(Material provided Opens)

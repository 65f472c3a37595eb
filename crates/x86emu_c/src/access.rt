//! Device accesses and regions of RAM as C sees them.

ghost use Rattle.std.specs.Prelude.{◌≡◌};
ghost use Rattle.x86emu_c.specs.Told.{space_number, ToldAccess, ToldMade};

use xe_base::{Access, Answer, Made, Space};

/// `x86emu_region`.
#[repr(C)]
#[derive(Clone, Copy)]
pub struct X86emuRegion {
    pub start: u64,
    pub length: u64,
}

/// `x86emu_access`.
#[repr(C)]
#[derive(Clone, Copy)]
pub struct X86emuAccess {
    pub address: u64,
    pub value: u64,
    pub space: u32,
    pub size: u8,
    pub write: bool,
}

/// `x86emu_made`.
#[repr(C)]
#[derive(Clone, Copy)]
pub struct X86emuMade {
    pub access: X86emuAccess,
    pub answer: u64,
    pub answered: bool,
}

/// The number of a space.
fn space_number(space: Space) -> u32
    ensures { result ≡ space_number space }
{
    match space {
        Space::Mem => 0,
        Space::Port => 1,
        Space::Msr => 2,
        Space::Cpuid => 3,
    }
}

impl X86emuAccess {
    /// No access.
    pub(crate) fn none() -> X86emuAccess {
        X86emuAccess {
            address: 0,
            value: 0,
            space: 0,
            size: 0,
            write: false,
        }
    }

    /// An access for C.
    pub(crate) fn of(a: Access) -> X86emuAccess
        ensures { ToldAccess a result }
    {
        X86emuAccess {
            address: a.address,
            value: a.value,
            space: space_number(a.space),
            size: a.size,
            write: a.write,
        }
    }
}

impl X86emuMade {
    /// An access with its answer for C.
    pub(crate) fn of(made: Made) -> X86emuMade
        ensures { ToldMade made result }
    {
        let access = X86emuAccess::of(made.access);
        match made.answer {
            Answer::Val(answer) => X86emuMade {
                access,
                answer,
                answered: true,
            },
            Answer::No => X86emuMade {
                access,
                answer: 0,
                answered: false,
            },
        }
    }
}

(Material provided Closes)
(Material provided Opens)

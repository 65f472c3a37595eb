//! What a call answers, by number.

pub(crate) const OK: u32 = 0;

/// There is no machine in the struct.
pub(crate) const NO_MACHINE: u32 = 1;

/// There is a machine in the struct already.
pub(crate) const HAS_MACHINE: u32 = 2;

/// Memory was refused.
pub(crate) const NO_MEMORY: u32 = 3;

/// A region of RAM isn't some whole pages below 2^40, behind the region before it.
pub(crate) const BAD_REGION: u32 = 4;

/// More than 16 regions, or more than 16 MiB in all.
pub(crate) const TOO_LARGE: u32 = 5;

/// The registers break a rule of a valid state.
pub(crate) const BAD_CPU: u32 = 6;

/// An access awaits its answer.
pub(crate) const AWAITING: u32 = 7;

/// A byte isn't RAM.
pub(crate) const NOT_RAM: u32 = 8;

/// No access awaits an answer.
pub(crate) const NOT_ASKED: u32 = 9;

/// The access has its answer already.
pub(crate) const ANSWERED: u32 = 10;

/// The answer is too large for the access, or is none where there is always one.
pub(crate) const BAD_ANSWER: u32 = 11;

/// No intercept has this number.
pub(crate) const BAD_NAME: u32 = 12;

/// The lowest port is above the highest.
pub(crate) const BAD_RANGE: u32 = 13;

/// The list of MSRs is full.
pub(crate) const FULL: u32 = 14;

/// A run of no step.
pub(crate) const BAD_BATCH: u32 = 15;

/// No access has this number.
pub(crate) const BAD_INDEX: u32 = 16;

(Material provided Closes)
(Material provided Opens)

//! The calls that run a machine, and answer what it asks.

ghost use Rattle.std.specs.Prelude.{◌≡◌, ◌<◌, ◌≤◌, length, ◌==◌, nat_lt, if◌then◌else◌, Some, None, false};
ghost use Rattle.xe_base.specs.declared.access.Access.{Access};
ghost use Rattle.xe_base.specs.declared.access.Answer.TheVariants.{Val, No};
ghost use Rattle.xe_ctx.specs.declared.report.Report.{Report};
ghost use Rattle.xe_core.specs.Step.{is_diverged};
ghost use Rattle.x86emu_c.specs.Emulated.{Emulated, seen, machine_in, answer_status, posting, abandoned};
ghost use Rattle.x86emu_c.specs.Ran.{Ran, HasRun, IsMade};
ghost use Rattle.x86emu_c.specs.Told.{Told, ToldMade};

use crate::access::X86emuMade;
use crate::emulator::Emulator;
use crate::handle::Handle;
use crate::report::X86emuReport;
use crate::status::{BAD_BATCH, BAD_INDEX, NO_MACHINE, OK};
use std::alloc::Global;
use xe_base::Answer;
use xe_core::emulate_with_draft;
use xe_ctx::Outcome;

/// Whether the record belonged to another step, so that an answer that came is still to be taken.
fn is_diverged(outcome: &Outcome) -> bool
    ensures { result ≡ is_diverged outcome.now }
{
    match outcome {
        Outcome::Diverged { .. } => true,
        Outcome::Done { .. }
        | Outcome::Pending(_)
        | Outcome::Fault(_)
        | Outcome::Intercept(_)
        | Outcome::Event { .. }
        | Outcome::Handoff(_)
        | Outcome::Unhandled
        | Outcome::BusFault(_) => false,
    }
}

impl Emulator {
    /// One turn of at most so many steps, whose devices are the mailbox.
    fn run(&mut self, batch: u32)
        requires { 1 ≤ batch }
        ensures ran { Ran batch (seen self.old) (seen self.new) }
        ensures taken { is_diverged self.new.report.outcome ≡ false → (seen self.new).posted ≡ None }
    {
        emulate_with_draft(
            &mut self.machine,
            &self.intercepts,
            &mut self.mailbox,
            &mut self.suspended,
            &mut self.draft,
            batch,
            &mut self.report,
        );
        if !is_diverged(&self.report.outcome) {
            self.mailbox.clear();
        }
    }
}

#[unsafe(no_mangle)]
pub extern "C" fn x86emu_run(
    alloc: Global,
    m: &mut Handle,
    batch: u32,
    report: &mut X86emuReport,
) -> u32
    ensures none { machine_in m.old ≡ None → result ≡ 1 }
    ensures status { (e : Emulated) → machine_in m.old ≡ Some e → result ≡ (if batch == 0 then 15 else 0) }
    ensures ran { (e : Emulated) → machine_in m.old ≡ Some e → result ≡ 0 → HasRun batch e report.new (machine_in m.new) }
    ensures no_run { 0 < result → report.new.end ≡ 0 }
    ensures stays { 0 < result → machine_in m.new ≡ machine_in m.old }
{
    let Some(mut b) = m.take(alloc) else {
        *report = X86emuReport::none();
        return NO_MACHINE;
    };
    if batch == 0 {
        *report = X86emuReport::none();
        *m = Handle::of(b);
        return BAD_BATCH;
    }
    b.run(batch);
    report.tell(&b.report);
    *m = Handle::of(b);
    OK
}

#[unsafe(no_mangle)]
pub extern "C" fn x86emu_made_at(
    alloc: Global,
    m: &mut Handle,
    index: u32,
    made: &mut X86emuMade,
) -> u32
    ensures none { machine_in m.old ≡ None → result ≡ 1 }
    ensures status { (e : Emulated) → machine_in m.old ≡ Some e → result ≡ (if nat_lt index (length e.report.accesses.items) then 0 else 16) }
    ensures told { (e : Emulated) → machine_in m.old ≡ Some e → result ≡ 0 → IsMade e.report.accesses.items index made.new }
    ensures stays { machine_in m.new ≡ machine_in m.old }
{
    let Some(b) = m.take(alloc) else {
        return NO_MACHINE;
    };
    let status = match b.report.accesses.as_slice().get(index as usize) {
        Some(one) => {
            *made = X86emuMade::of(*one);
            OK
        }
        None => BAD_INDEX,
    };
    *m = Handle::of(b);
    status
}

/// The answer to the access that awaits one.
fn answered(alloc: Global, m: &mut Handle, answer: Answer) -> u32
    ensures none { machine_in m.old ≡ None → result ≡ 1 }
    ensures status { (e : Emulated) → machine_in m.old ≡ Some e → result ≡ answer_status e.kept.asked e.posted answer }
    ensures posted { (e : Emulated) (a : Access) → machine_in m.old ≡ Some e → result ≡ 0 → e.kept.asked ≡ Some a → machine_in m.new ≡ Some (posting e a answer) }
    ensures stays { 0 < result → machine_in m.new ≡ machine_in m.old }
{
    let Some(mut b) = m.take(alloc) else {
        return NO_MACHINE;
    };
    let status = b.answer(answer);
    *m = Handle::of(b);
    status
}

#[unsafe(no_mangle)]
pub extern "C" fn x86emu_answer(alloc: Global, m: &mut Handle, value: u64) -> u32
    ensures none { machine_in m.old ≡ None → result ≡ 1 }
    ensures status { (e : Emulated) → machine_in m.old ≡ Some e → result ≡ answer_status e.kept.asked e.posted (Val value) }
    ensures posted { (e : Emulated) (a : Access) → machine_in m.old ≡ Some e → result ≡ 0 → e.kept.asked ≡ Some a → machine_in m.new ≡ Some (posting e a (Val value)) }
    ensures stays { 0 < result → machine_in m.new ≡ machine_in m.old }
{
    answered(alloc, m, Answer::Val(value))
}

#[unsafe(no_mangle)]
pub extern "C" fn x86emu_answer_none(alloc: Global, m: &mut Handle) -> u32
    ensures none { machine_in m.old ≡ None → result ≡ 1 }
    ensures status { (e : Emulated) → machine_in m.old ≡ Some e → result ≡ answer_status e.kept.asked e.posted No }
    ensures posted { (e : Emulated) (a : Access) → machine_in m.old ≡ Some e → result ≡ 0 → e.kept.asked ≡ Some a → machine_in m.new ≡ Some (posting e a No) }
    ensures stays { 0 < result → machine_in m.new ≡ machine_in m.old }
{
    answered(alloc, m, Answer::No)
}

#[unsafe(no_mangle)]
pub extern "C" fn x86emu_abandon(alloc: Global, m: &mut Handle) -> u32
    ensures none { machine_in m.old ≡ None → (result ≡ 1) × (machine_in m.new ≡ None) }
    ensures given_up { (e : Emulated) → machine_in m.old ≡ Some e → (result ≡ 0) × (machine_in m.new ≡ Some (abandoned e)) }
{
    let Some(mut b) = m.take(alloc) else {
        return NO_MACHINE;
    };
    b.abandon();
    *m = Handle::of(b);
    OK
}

(Material provided Closes)

● **What you have to do**: Lines above with the string "then" need to be found and copied.

● **Expected output**:
ghost use Rattle.std.specs.Prelude.{◌≡◌, ◌<◌, ◌≤◌, length, ◌==◌, nat_lt, if◌then◌else◌, Some, None, false};
    ensures status { (e : Emulated) → machine_in m.old ≡ Some e → result ≡ (if batch == 0 then 15 else 0) }
    ensures status { (e : Emulated) → machine_in m.old ≡ Some e → result ≡ (if nat_lt index (length e.report.accesses.items) then 0 else 16) }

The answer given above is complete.